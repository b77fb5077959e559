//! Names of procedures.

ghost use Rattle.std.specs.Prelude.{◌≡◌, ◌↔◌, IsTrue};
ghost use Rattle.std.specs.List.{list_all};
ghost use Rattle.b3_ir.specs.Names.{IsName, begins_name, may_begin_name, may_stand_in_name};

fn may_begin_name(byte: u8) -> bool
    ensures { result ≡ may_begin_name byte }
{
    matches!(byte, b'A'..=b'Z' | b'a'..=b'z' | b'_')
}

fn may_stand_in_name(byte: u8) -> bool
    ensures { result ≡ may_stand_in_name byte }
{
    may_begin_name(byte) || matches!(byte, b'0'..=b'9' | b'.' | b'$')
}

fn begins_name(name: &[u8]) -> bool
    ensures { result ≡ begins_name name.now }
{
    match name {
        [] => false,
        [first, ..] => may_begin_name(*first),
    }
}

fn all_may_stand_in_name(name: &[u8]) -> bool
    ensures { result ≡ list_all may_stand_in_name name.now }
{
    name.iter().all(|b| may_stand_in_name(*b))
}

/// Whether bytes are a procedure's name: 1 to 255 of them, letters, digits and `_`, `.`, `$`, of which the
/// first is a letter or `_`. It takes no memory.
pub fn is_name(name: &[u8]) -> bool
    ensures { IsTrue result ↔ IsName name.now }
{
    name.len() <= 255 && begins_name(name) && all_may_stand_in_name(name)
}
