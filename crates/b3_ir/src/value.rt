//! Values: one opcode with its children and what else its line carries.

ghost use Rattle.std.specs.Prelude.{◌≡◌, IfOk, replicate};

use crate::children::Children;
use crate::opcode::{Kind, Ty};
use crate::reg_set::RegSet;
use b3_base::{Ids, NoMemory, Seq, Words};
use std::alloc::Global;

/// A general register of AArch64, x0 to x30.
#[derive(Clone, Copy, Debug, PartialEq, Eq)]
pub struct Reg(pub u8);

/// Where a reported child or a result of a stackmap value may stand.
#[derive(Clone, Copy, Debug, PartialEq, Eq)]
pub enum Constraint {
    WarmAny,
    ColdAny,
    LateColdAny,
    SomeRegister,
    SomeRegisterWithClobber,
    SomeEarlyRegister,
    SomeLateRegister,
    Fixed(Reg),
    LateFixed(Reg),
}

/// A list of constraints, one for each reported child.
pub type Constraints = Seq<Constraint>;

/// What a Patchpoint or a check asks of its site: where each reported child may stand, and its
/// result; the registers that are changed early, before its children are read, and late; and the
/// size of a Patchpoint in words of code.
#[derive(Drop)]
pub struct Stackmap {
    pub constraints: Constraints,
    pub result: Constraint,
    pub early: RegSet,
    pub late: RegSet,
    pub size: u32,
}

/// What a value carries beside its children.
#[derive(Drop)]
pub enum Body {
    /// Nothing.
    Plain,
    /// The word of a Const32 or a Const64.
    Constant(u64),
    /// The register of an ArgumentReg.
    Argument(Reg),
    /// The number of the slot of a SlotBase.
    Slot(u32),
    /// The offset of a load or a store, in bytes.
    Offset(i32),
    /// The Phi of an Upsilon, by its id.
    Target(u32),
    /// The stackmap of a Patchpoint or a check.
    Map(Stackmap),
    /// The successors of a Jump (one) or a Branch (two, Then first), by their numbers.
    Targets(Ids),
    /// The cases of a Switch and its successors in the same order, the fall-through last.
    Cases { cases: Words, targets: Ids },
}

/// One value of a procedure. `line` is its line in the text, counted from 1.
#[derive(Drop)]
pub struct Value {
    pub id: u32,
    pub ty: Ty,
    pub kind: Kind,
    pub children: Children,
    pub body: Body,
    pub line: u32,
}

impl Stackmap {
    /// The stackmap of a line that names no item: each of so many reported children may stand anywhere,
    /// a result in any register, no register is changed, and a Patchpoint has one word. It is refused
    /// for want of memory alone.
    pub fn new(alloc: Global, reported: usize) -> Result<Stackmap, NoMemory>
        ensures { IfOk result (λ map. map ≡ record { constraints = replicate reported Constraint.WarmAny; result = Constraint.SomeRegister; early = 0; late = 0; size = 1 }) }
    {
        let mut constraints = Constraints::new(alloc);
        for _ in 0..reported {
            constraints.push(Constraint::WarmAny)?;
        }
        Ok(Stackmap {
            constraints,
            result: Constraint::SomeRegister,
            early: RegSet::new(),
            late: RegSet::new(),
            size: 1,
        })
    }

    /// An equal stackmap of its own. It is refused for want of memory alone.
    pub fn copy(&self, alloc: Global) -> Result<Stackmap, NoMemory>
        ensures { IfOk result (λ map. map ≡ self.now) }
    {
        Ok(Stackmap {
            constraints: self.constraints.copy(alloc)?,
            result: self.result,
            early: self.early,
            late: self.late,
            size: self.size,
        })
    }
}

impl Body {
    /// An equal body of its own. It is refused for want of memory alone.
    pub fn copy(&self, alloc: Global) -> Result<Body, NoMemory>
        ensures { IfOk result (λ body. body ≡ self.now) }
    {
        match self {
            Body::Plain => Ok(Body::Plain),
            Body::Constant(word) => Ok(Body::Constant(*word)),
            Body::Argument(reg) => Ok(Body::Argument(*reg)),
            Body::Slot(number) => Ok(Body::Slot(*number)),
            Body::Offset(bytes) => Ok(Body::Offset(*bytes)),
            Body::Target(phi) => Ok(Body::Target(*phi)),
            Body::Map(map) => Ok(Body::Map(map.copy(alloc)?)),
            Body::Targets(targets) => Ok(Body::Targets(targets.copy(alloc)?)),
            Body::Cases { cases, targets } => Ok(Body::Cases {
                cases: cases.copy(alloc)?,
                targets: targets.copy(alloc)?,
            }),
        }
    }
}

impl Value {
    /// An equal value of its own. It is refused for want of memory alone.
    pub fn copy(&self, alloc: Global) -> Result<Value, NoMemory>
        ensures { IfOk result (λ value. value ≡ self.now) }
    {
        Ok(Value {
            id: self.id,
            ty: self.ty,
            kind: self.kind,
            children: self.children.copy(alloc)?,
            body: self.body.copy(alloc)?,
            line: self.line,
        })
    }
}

### [To do]
Say how many lines in the records include the string "children", giving the figure by itself.

### [Written answer]
7